Uma palavra sobre a Gnose Histórica
Desde o primeiro século, a Igreja se encontrou em oposição com dois adversários de tipos diferentes: o paganismo e a gnose.
O paganismo representava para a Igreja o inimigo declarado, do qual ela era separada por uma linha de demarcação precisa e sensível. Os cristãos se recusavam a sacrificar aos ídolos porque, por trás de cada ídolo, residia e operava um demônio. São Paulo, o Apóstolo dos Gentios, ou seja, das nações cristãs, havia proibido todo comércio espiritual com os pagãos, precisamente por esta razão:
«Digo que o que os pagãos oferecem em sacrifício, imolam aos demônios e não a Deus; ora, não quero que estejais em comunicação com os demônios. Não podeis beber ao mesmo tempo do cálice do Senhor e do cálice dos demônios; não podeis participar da mesa do Senhor e da mesa dos demônios» (I Cor. X, 20-21).
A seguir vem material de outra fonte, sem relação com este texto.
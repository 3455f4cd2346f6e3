//! Levels above those of known terms.
ghost use Rattle.std.specs.Prelude.{◌≡◌, ℕ, ◌+◌, ◌<◌, ◌≤◌, ◌^◌, length};
ghost use Rattle.ff_tables.specs.Orders.{term_at};
ghost use Rattle.ff_propagate.specs.Levels.{AreLow, IsOver};

use crate::facts::Fact;
use ff_tables::Term;

/// One more than the greatest level of the facts of the terms' variables, or 1 where none has a fact.
pub(crate) fn level_over(facts: &[Option<Fact>], terms: &[Term], most: u32) -> u32
    requires terms { (j : ℕ) → j < length terms.now → (term_at terms.now j).var < length facts.now }
    requires low { AreLow facts.now most }
    requires few { most + 1 < 2 ^ 32 }
    ensures over { IsOver facts.now terms.now result }
    ensures some { 0 < result }
    ensures low { result ≤ most + 1 }
{
    let mut level = 1;
    for j in 0..terms.len() {
        if let Some(fact) = facts[terms[j].var as usize] {
            if level <= fact.level {
                level = fact.level + 1;
            }
        }
    }
    level
}
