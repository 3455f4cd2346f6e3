//! A trail goes on by what constraints force.
ghost use Rattle.std.specs.Prelude.{◌≡◌, ℕ, ◌+◌, ◌<◌, ◌≤◌, ◌^◌, length, slice_get, slice_index, None, Some, IfOk};
ghost use Rattle.ff_propagate.specs.Uses.{AreUses};
ghost use Rattle.ff_propagate.specs.Trails.{step_at, IsTrail, Grows, AreReady, IsDead, Ends, PassesEnd};

use crate::trail::Trail;
use crate::uses::Uses;
use ff_tables::{NoMemory, System};
use std::alloc::Global;

/// How the passes end.
pub(crate) enum Passed {
    /// A constraint without a row that agrees.
    Dead(u32),
    /// Each constraint has all that it forces, or has a variable of this step or a later one.
    Waiting(usize),
}

impl Trail {
    // Examines the constraints that have the variable of the head-th step. One that is dead.
    fn follow(&mut self, system: &System, uses: &Uses, head: usize, var: u32) -> Option<u32>
        requires trail { IsTrail system.now.vars self.old }
        requires few { length system.now.constraints < 2 ^ 32 }
        requires uses { AreUses system.now.vars system.now.constraints uses.now }
        requires head { head < length self.old.steps.items }
        requires var { (var < system.now.vars) × ((step_at self.old head).var ≡ var) }
        requires ready { AreReady system.now.constraints self.old head }
        ensures trail { IsTrail system.now.vars self.new }
        ensures grows { Grows system.now.constraints self.old self.new }
        ensures ends { Ends system.now.constraints (head + 1) self.new result }
    {
        let constraints = system.constraints.as_slice();
        let list = uses.of(system.vars, constraints, var);
        for k in 0..list.len() {
            let number = list[k];
            if self.examine(system, &constraints[number as usize], number) {
                return Some(number);
            }
        }
        None
    }

    // Examines each constraint once. One that is dead.
    fn pass(&mut self, system: &System) -> Option<u32>
        requires trail { IsTrail system.now.vars self.old }
        requires few { length system.now.constraints < 2 ^ 32 }
        ensures trail { IsTrail system.now.vars self.new }
        ensures grows { Grows system.now.constraints self.old self.new }
        ensures ends { Ends system.now.constraints (length self.old.steps.items) self.new result }
    {
        let constraints = system.constraints.as_slice();
        for number in 0..constraints.len() as u32 {
            if self.examine(system, &constraints[number as usize], number) {
                return Some(number);
            }
        }
        None
    }

    /// Sets all that constraints force, from the head-th step on, where each constraint that has no variable of these steps has all
    /// that it forces. The number of a constraint that is dead, where there is one; some values may then be left out.
    ///
    /// Each of the new steps has the constraint that forced it from what was known before.
    pub fn close(&mut self, system: &System, uses: &Uses, head: usize) -> Option<u32>
        requires trail { IsTrail system.now.vars self.old }
        requires few { length system.now.constraints < 2 ^ 32 }
        requires uses { AreUses system.now.vars system.now.constraints uses.now }
        requires head { head ≤ length self.old.steps.items }
        requires ready { AreReady system.now.constraints self.old head }
        ensures trail { IsTrail system.now.vars self.new }
        ensures grows { Grows system.now.constraints self.old self.new }
        ensures ends { Ends system.now.constraints (length self.new.steps.items) self.new result }
    {
        let mut at = head;
        while at < self.steps.len() {
            let var = self.steps[at].var;
            match self.follow(system, uses, at, var) {
                Some(number) => return Some(number),
                None => at += 1,
            }
        }
        None
    }

    // Passes over all constraints, while they pay.
    fn passes(&mut self, system: &System) -> Passed
        requires trail { IsTrail system.now.vars self.old }
        requires few { length system.now.constraints < 2 ^ 32 }
        ensures trail { IsTrail system.now.vars self.new }
        ensures grows { Grows system.now.constraints self.old self.new }
        ensures ends { PassesEnd system.now.constraints self.new result }
    {
        'passes: loop {
            let head = self.steps.len();
            if let Some(number) = self.pass(system) {
                return Passed::Dead(number);
            }
            if self.steps.len() - head <= system.vars as usize / 16 {
                return Passed::Waiting(head);
            }
        }
    }

    /// Sets all that constraints force from what is known, whatever was examined before. The number of a constraint that is dead,
    /// where there is one.
    pub fn settle(&mut self, alloc: Global, system: &System) -> Result<Option<u32>, NoMemory>
        requires trail { IsTrail system.now.vars self.old }
        requires few { length system.now.constraints < 2 ^ 32 }
        ensures trail { IsTrail system.now.vars self.new }
        ensures grows { Grows system.now.constraints self.old self.new }
        ensures ends { IfOk result (λ r. Ends system.now.constraints (length self.new.steps.items) self.new r) }
    {
        match self.passes(system) {
            Passed::Dead(number) => Ok(Some(number)),
            Passed::Waiting(head) => {
                if head == self.steps.len() {
                    return Ok(None);
                }
                let uses = Uses::new(alloc, system.vars, system.constraints.as_slice())?;
                Ok(self.close(system, &uses, head))
            }
        }
    }
}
A incompatibilidade das duas religiões, cristã e pagã, era clara e reconhecida pelos dois campos. Ela resultou em uma guerra aberta. Os cristãos recusavam os honores divinos aos ídolos e os pagãos se esforçavam para extirpar a nova religião por meios físicos.
Os gnósticos agiam de maneira bem diferente. Eles não rejeitavam absolutamente o cristianismo, do qual admitiam, ao contrário, certos elementos originais. Pretendiam apenas combinar essas novas contribuições com o antigo politeísmo e com a filosofia dos pagãos, para realizar uma religião sincrética. A síntese que elaboravam apresentava, certamente, variações porque cada escola gnóstica preconizava empréstimos ao cristianismo mais ou menos significativos. O que variava, de uma escola para outra, era a composição da mistura. Mas o princípio da síntese pagano-cristã permanece a característica comum de todas as escolas gnósticas dos três primeiros séculos.
Houve, no entanto, a guerra entre a gnose e a Igreja porque a Igreja queria preservar a pureza de sua doutrina e rejeitava toda ideia de compromisso. No entanto, a guerra que os gnósticos quiseram sustentar contra a Igreja não foi física, mas doutrinária; não havia entre elas a fronteira visível das ídolos. A gnose fomentou contra a Igreja uma multidão de heresias; ela é a mãe das heresias.
Essa primeira gnose, chamada histórica, desapareceu totalmente. Ela deixou apenas alguns vestígios literários que tiveram de esperar o período do humanismo para serem exumados e revividos.